About one-third of both individual and corporate banking clients in China's 10 major cities used online services this year, an increase of 4.2 and 1.7 percent from 2006, the China Financial Certification Authority (CFCA) report said.
These figures indicate that "prospects for online banking are very bright", according to the CFCA.
The report was based on a survey of 2,500 individual and 2,000 corporate banking clients in 10 cities including Beijing, Shanghai and Guangzhou, said Wang Long from the CFCA's marketing department.
The report said that over half of the individual online banking customers surveyed saw security as the priority when they chose an online banking service this year. Those who chose not to use online banking services were put off for security reasons.

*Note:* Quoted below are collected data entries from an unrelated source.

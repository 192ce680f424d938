//! Printing a character.
ghost use Rattle.std.specs.Prelude.{◌≡◌, true, ◌+◌, ◌*◌, ◌<◌, ◌≤◌, ◌&&◌, nat_le, min, length};
ghost use Rattle.ansi_screen.specs.Widths.{is_shown, columns};
ghost use Rattle.std.specs.Fn.{iterate};
ghost use Rattle.anstyle_parse.specs.Stream.Items.{EachIs};
ghost use Rattle.ansi_screen.specs.Print.{drawn, wrapped, with_room, with_cells_of, with_glyph, put, marked, shown, printed, printed_again};
ghost use Rattle.ansi_screen.specs.Edits.{row_goes_on};
ghost use Rattle.ansi_screen.specs.Runs.{HasRoom, is_printed_ascii, with_run, printed_all};
ghost use Rattle.ansi_screen.specs.State.{changed, stepped};
ghost use Rattle.ansi_screen.specs.After.{repeatable, repeated};

use super::Display;
use crate::width::{columns, is_shown};

/// What the line drawing set shows in place of U+005F to U+007E.
const LINE_DRAWING: [char; 32] = [
    ' ', '◆', '▒', '␉', '␌', '␍', '␊', '°', '±', '␤', '␋', '┘', '┐', '┌', '└', '┼', '⎺', '⎻', '─',
    '⎼', '⎽', '├', '┤', '┴', '┬', '│', '≤', '≥', 'π', '≠', '£', '·',
];

/// What the line drawing set shows in place of a character.
#[tactic(auto, unfolding(crate::specs::Print::drawn, anstyle_parse::specs::Stream::Bytes::is_within))]
fn drawn(c: char) -> char
    ensures { result ≡ drawn c }
{
    if '_' <= c && c <= '~' {
        LINE_DRAWING[(u32::from(c) - 0x5F) as usize]
    } else {
        c
    }
}

/// What REP repeats after a character.
#[tactic(auto, unfolding(crate::specs::After::repeatable))]
fn repeatable(c: char) -> Option<char>
    ensures { result ≡ repeatable c }
{
    if is_shown(c) && columns(c) != 0 {
        Some(c)
    } else {
        None
    }
}

impl Display {
    ghost use Rattle.std.specs.Option.{option_and_then};

    /// A character of the stream.
    #[tactic(auto, unfolding(crate::specs::Print::printed))]
    pub(crate) fn print(&mut self, c: char)
        ensures { self.new ≡ stepped (printed c) self.old }
    {
        if is_shown(c) {
            let draws = self.cursor.charsets.draws();
            self.show(if draws { drawn(c) } else { c });
        }
    }

    /// A character that is shown. Mostly it is far from the row's end, and no cell moves.
    #[tactic(auto, unfolding(crate::specs::Print::shown))]
    fn show(&mut self, c: char)
        ensures { self.new ≡ stepped (shown c) self.old }
    {
        let columns = columns(c);
        if columns == 0 {
            self.mark(c);
        } else if self.cursor.column + usize::from(columns) + 1 < self.cells.width()
            && !self.inserts
        {
            self.put_cells(columns, c);
        } else {
            self.wrap(columns);
            self.put_character(columns, c);
        }
    }

    /// A mark of the character before the cursor.
    #[tactic(auto, unfolding(crate::specs::Print::marked))]
    fn mark(&mut self, c: char)
        ensures { self.new ≡ changed (marked c) self.old }
    {
        if 0 < self.cursor.column {
            let (row, column) = (self.cursor.row, self.cursor.column);
            // (for the proof: no row begins with a right half)
            let _ = self.cells.width();
            self.damage.note(row, column - 1, column);
            self.cells.mark_before(row, column, c);
            // (for the proof: the cells fill the rows)
            let _ = self.cells.width();
        }
    }

    /// The character again, where the row has room for it.
    #[tactic(auto, unfolding(crate::specs::Print::printed_again))]
    fn print_again(&mut self, c: char)
        ensures { self.new ≡ changed (printed_again c) self.old }
    {
        if self.cursor.column + usize::from(columns(c)) <= self.cells.width() {
            self.print(c);
        }
    }

    /// The same so many times, one by one.
    fn print_one_by_one(&mut self, count: usize, c: char)
        ensures { self.new ≡ changed (iterate (printed_again c) count) self.old }
    {
        for _done in 0..count {
            self.print_again(c);
        }
    }

    /// How often the row has room for a character that is inserted and takes columns.
    fn insertable(&self, c: char) -> usize
        ensures fits { self.now.display.cursor.column + result * columns c ≤ self.now.display.width }
        ensures inserts { 0 < result → self.now.display.inserts ≡ true }
        ensures shown { 0 < result → is_shown c ≡ true }
        ensures some { 0 < result → 0 < columns c }
    {
        let columns = usize::from(columns(c));
        let column = self.cursor.column;
        if self.inserts && is_shown(c) && columns > 0 {
            (self.cells.width() - column) / columns
        } else {
            0
        }
    }

    /// The character so many times in insert mode, for which there is room: the rest of the row moves once for all of
    /// them, and then nothing moves any more.
    fn insert_times(&mut self, count: usize, c: char)
        requires inserts { self.old.display.inserts ≡ true }
        requires shown { is_shown c ≡ true }
        requires some { 0 < columns c }
        requires count { 0 < count }
        requires fits { self.old.display.cursor.column + count * columns c ≤ self.old.display.width }
        ensures { self.new ≡ changed (iterate (printed_again c) count) self.old }
    {
        // (for the proof: halves stand in pairs)
        let _ = self.cells.width();
        self.set_goes_on(false);
        self.insert_cells(count * usize::from(columns(c)));
        self.inserts = false;
        self.print_one_by_one(count, c);
        self.inserts = true;
    }

    /// REP
    fn print_times(&mut self, count: usize, c: char)
        ensures { self.new ≡ changed (iterate (printed_again c) count) self.old }
    {
        let fitting = count.min(self.insertable(c));
        if fitting > 0 {
            self.insert_times(fitting, c);
        }
        self.print_one_by_one(count - fitting, c);
    }

    /// REP, of the character that was printed just before.
    pub(crate) fn repeat(&mut self, count: u16)
        ensures { self.new ≡ changed (repeated count self.old.last) self.old }
    {
        let last = self.printed.and_then(repeatable);
        self.repeat_character(count, last);
    }

    /// REP, of this character, if there is one.
    #[tactic(auto, unfolding(crate::specs::After::repeated))]
    fn repeat_character(&mut self, count: u16, last: Option<char>)
        ensures { self.new ≡ changed (repeated count last) self.old }
    {
        if let Some(c) = last {
            let count = usize::from(count).min(self.cells.width());
            self.print_times(count, c);
        }
    }

    /// This character was printed just before, or none: what REP repeats.
    #[inline]
    pub(crate) fn set_printed(&mut self, printed: Option<char>)
        ensures { self.new ≡ record self.old { last = option_and_then repeatable printed } }
    {
        self.printed = printed;
    }

    /// Where the row has no room for so many columns, to the next row, or to the last column.
    #[tactic(auto, unfolding(crate::specs::Print::wrapped))]
    fn wrap(&mut self, columns: u16)
        ensures { self.new ≡ stepped (wrapped columns) self.old }
    {
        if self.cells.width() < self.cursor.column + usize::from(columns) {
            if self.wraps {
                self.set_goes_on(true);
                self.to_column(0);
                self.index();
            } else {
                self.settle();
            }
        }
    }

    /// The character, where there is room for it.
    #[tactic(auto, unfolding(crate::specs::Print::put))]
    fn put_character(&mut self, columns: u16, c: char)
        requires some { 1 ≤ columns }
        requires few { columns ≤ 2 }
        ensures { self.new ≡ changed (put columns c) self.old }
    {
        if self.cursor.column + usize::from(columns) <= self.cells.width() {
            self.make_room(columns);
            self.put_glyph(columns, c);
        }
    }

    /// In insert mode the rest of the row moves.
    #[tactic(auto, unfolding(crate::specs::Print::with_room))]
    fn make_room(&mut self, columns: u16)
        requires { self.old.display.cursor.column < self.old.display.width }
        ensures room { self.new ≡ changed (with_room columns) self.old }
        ensures width { self.new.display.width ≡ self.old.display.width }
        ensures cursor { self.new.display.cursor ≡ self.old.display.cursor }
    {
        if self.inserts {
            self.insert_characters(columns);
        }
    }

    /// The character, after which its row goes on as before. Mostly it is far from the row's end.
    fn put_glyph(&mut self, columns: u16, c: char)
        requires some { 1 ≤ columns }
        requires few { columns ≤ 2 }
        requires fits { self.old.display.cursor.column + columns ≤ self.old.display.width }
        ensures { self.new ≡ changed (with_glyph columns c) self.old }
    {
        if self.cursor.column + usize::from(columns) + 1 < self.cells.width() {
            self.put_cells(columns, c);
        } else {
            self.put_at_end(columns, c);
        }
    }

    /// The same where the row ends. It is out of line, so that other characters do not pay for it.
    #[inline(never)]
    fn put_at_end(&mut self, columns: u16, c: char)
        requires some { 1 ≤ columns }
        requires few { columns ≤ 2 }
        requires fits { self.old.display.cursor.column + columns ≤ self.old.display.width }
        ensures { self.new ≡ changed (with_glyph columns c) self.old }
    {
        // (for the proof: the cells fill the rows)
        let _ = self.cells.width();
        let was_going_on = self.goes_on();
        self.put_cells(columns, c);
        if was_going_on {
            self.set_goes_on(true);
        }
    }

    /// The cells of the character, and the cursor past them. It is called, so that what it calls stands in line in it.
    #[inline(never)]
    #[tactic(auto, unfolding(crate::specs::Print::with_cells_of))]
    fn put_cells(&mut self, columns: u16, c: char)
        requires some { 1 ≤ columns }
        requires few { columns ≤ 2 }
        requires fits { self.old.display.cursor.column + columns ≤ self.old.display.width }
        ensures { self.new ≡ changed (with_cells_of columns c) self.old }
    {
        let (row, column) = (self.cursor.row, self.cursor.column);
        let style = self.cursor.style;
        let next = column + usize::from(columns);
        // (for the proof: no row begins with a right half)
        let _ = self.cells.width();
        self.damage.note(row, column, next);
        self.cells.put(row, column, columns, c, style, self.link);
        // (for the proof: the cells fill the rows)
        let _ = self.cells.width();
        self.cursor.column = next;
    }

    /// How many characters of one column each the cursor's row has room for, each of which comes into a cell as it
    /// is: none in insert mode, and none while lines are drawn.
    #[inline]
    pub(crate) fn room(&self) -> usize
        ensures { 0 < result → HasRoom result self.now.display }
    {
        if self.inserts || self.cursor.charsets.draws() {
            0
        } else {
            self.cells.width() - self.cursor.column
        }
    }

    /// Puts printed ASCII for which there is room, and the cursor after it: as if each character had been printed.
    #[inline]
    pub(crate) fn put_run(&mut self, run: &[u8])
        requires some { 0 < length run.now }
        requires ascii { EachIs is_printed_ascii run.now }
        requires room { HasRoom (length run.now) self.old.display }
        ensures { self.new ≡ changed (printed_all run.now) self.old }
    {
        // (for the proof: the cells fill the rows)
        let _ = self.cells.width();
        // (the cells are put at one place, in line: so one test is all that a short run pays for its row)
        let was_going_on = self.goes_on_at_end(self.cursor.column + run.len());
        self.put_cells_of_run(run);
        if was_going_on {
            self.set_goes_on(true);
        }
    }

    /// Whether the cursor's row goes on, where cells up to that column come to its last cell or the one before it.
    /// Others leave what the row says.
    #[inline(always)]
    fn goes_on_at_end(&self, end: usize) -> bool
        requires fits { end ≤ self.now.display.width }
        ensures { result ≡ (nat_le self.now.display.width (end + 1) && row_goes_on self.now.display) }
    {
        self.cells.width() <= end + 1 && self.goes_on()
    }

    /// Puts its cells, and the cursor after them.
    #[inline(always)]
    fn put_cells_of_run(&mut self, run: &[u8])
        requires some { 0 < length run.now }
        requires fits { self.old.display.cursor.column + length run.now ≤ self.old.display.width }
        ensures { self.new ≡ changed (with_run run.now) self.old }
    {
        let (row, column) = (self.cursor.row, self.cursor.column);
        let style = self.cursor.style;
        let next = column + run.len();
        // (for the proof: no row begins with a right half)
        let _ = self.cells.width();
        self.damage.note(row, column, next);
        self.cells.put_run(row, column, run, style, self.link);
        // (for the proof: the cells fill the rows)
        let _ = self.cells.width();
        self.cursor.column = next;
    }
}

More than 53.5 percent of the individual respondents used digital certificates to accept online banking services to ensure transaction security, compared to 46 percent in 2006.
China's booming stock market has boosted online banking this year, with more individual and institutional investors trading stocks and funds on the Internet.
When the survey was conducted for the first time in 2005, only one-fifth of individual and 10 percent of corporate banking clients in the 10 major cities used online services.
Internet banking services include payments, purchases and transfers between bank accounts.
The CFCA report named Bank of Communications the best contributor to the development of Internet banking this year for its online fund products.
The report also said the Industrial and Commercial Bank of China, China Merchants Bank and China Construction Bank offered the best online banking facilities, based on their Web infrastructure and services.
The CFCA signed a contract with over 30 commercial banks in 2005 to begin issuing digital certificates in a move aimed at improving the security of online payments to get more people using Internet banking.
The CFCA agreed to pay a maximum of 800,000 yuan to companies and 20,000 yuan to individuals to compensate for any loss to do with the certification.